Amanda DeGuio, a 28-year-old mother of two, was last seen in Drexel Hill in June 2014. Investigators in the township have renewed their efforts to find answers as the fourth anniversary of her disappearance nears.

Police Superintendent Michael Chitwood has assigned the case to two detectives who he said are working "around the clock" chasing down leads. He said the case has been reclassified from the search for a missing person to a criminal investigation.

"When you look at all the facts, four years without hearing from her, it leads us to believe foul play is involved," Chitwood said. "We feel strongly that there needs to be a new direction to the investigation."

Chitwood announced that a $5,000 reward for information leading authorities to DeGuio – or for information leading to the arrest and conviction of anyone involved in her death – has been posted by the Upper Darby Police Foundation.

He said new information had recently come to light about DeGuio, but declined to elaborate. At the news conference, he suggested that people previously interviewed by police might know what happened but were "not being truthful."

Kevin Ryan, a private investigator hired by the DeGuio family, said Monday that he has been working the case since 2015, traveling as far as Texas to search for clues. He's run into countless dead ends, including remains found in Ridley Creek State Park in 2016  that Chitwood initially speculated might be DeGuio's body. Forensic evidence later proved otherwise.

Still, Ryan said he is "convinced that someone out there knows something."

"We're asking for people who know. We need an answer," Amanda's mother, Joanne DeGuio, said Monday. "We're asking that this not die out, because if it dies out, we lose our chance of finding her."

DeGuio was frank about her daughter's struggles with substance abuse, about how an abscess led to a prescription for opiate painkillers and about how a dependency on those painkillers developed into an addiction to heroin.

At the time of DeGuio's disappearance in 2014, police said she might have been involved in prostitution and was frequently seen around Philadelphia's Kensington neighborhood.

"We're not hiding the fact that she had addiction problems," Amanda's sister, Nicole DeGuio, said. "But right before she went missing, she was really trying to get back together. She was looking forward to figuring it out."
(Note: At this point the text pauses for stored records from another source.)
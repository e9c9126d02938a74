// What the contracts leave open: that a mapper is made with ample memory, and the paths and refusals of tables that were
// worked out by hand.
use super::*;
use cy_bytes::Bytes;
use std::alloc::{AllocError, Global};
use std::test::Fail;

/// Rules with these patterns. The number of the component is the place of the rule, and the even ones may process
/// asynchronously.
fn rules_of(alloc: Global, patterns: &[&[u8]]) -> Result<Vec<Rule>, AllocError> {
    let mut rules = Vec::new(alloc);
    let mut part = 0u32;
    for pattern in patterns {
        rules.push(Rule {
            pattern: Bytes::of(Vec::from_slice(alloc, *pattern)?),
            part,
            can_async: part % 2 == 0,
        })?;
        part = part.saturating_add(1);
    }
    Ok(rules)
}

fn mapper_of(alloc: Global, patterns: &[&[u8]]) -> Result<Mapper, MapFault> {
    let rules = rules_of(alloc, patterns)?;
    if rules.len() > MAX_RULES {
        return Err(MapFault::NoMemory);
    }
    Mapper::new(alloc, &rules)
}

#[test]
fn paths_find_their_rules(rt: HostRuntime) -> Result<(), Fail> {
    let patterns: [&[u8]; 8] = [
        b"/a", b"/x/*", b"/x/y/*", b"*.do", b"/", b"/v//*", b"/x.do/*", b"/q/r.do",
    ];
    let mapper = mapper_of(rt.alloc(), &patterns)?;
    let rows: [(&[u8], u32); 22] = [
        (b"/a", 0),
        (b"/x", 1),
        (b"/x/", 1),
        (b"/x/q.do", 1),
        (b"/x/y", 2),
        (b"/x/y/z", 2),
        (b"/x/yz", 1),
        (b"/xy", 4),
        (b"/q.do", 3),
        (b"/q.s/r.do", 3),
        (b"/q.do/r", 4),
        (b"/q.do.", 4),
        (b"/q.a.do", 3),
        (b"/do", 4),
        (b"/v/", 5),
        (b"/v//", 5),
        (b"/v", 4),
        (b"/x.do", 6),
        (b"/q/r.do", 7),
        (b"/b", 4),
        (b"*", 4),
        (b"", 4),
    ];
    for (path, part) in rows {
        let expected = Found {
            part,
            can_async: part % 2 == 0,
        };
        assert_eq!(rt; mapper.find(path), Some(expected), "{path:?}");
    }
    Ok(())
}

#[test]
fn a_path_that_no_rule_serves_finds_none(rt: HostRuntime) -> Result<(), Fail> {
    let mapper = mapper_of(rt.alloc(), &[b"/a", b"/x/*", b"*.do"])?;
    let paths: [&[u8]; 8] = [b"/", b"/b", b"/a/", b"/xy", b"/do", b"*", b"", b"x/y"];
    for path in paths {
        assert_eq!(rt; mapper.find(path), None, "{path:?}");
    }
    assert_eq!(rt; mapper.find(b"/x/*.d"), mapper.find(b"/x"));
    let below_all = mapper_of(rt.alloc(), &[b"/*"])?;
    assert!(rt; below_all.find(b"/").is_some());
    assert!(rt; below_all.find(b"/x/y").is_some());
    assert_eq!(rt; below_all.find(b"*"), None);
    assert_eq!(rt; below_all.find(b""), None);
    assert_eq!(rt; mapper_of(rt.alloc(), &[])?.find(b"/"), None);
    Ok(())
}

#[test]
fn bad_patterns_and_repeated_rules_are_refused(rt: HostRuntime) -> Result<(), Fail> {
    let bad = |i| Some(MapFault::BadPattern { i });
    let twice = |i, j| Some(MapFault::RuleTwice { i, j });
    let rows: [(&[&[u8]], Option<MapFault>); 24] = [
        (&[b"/a", b"/b", b"/a"], twice(0, 2)),
        (&[b"/a", b"/b", b"/b", b"/a"], twice(1, 2)),
        (&[b"/a", b"/b", b"/a", b"/a"], twice(0, 2)),
        (&[b"/a", b"/a", b"x"], bad(2)),
        (&[b"x"], bad(0)),
        (&[b"/", b"", b"x"], bad(1)),
        (&[b"//*"], bad(0)),
        (&[b"*"], bad(0)),
        (&[b"*."], bad(0)),
        (&[b"*.a.b"], bad(0)),
        (&[b"*.a/b"], bad(0)),
        (&[b"*.*"], bad(0)),
        (&[b"/*.do"], bad(0)),
        (&[b"/a*"], bad(0)),
        (&[b"/*/*"], bad(0)),
        (&[b"x/*"], bad(0)),
        (&[b"/x/*/"], bad(0)),
        (&[b"a*.b"], bad(0)),
        (
            &[b"/", b"/*", b"/a", b"/a/", b"/a/*", b"*.a", b"//", b"/.a"],
            None,
        ),
        (&[b"/x//*", b"///*", b"/x/y/*"], None),
        (&[b"*.a", b"*.b", b"*.a"], twice(0, 2)),
        (&[b"/*", b"/*"], twice(0, 1)),
        (&[b"/", b"/x", b"/"], twice(0, 2)),
        (&[], None),
    ];
    for (row, (patterns, expected)) in rows.iter().enumerate() {
        let fault = mapper_of(rt.alloc(), *patterns).err();
        assert_eq!(rt; fault, *expected, "row {row}");
    }
    Ok(())
}

#[test]
fn patterns_are_told_from_other_texts(rt: HostRuntime) {
    let patterns: [&[u8]; 5] = [b"/", b"/a", b"/*", b"/x//*", b"*.e"];
    for (row, text) in patterns.iter().enumerate() {
        assert!(rt; is_pattern(text), "pattern {row}");
    }
    let others: [&[u8]; 7] = [b"", b"a", b"*", b"//*", b"/a*", b"*.", b"*.a.b"];
    for (row, text) in others.iter().enumerate() {
        assert!(rt; !is_pattern(text), "other {row}");
    }
}

#[test]
fn faults_are_printed(rt: HostRuntime) -> Result<(), Fail> {
    let bad = MapFault::BadPattern { i: 3 };
    let twice = MapFault::RuleTwice { i: 1, j: 2 };
    let no_memory = MapFault::NoMemory;
    let text = format!(in rt.alloc(); "{bad}; {twice}; {no_memory}")?;
    assert_eq!(rt;
        text.as_str(),
        "bad pattern in rule 3; the pattern of rule 1 again in rule 2; out of memory"
    );
    Ok(())
}

#[test]
fn laws_are_called() {
    exact_rule_is_found();
    longest_prefix_is_found();
}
During a trip to Walt Disney World just weeks before they last saw her, Amanda's family said she was detoxing with the help of Suboxone. She talked about wanting to go on job interviews and start a career.

But that final memory doesn't jibe with the reality of her disappearance: Joanne DeGuio said her daughter left abruptly one day, not even bothering to take anything with her.

"She just walked out the door and vanished," said DeGuio, who added that her daughter usually called her every day to check in, especially when she knew she wouldn't be home at night. "There's someone out there who knows where she went. How can you not come forward. How do you not have the heart?"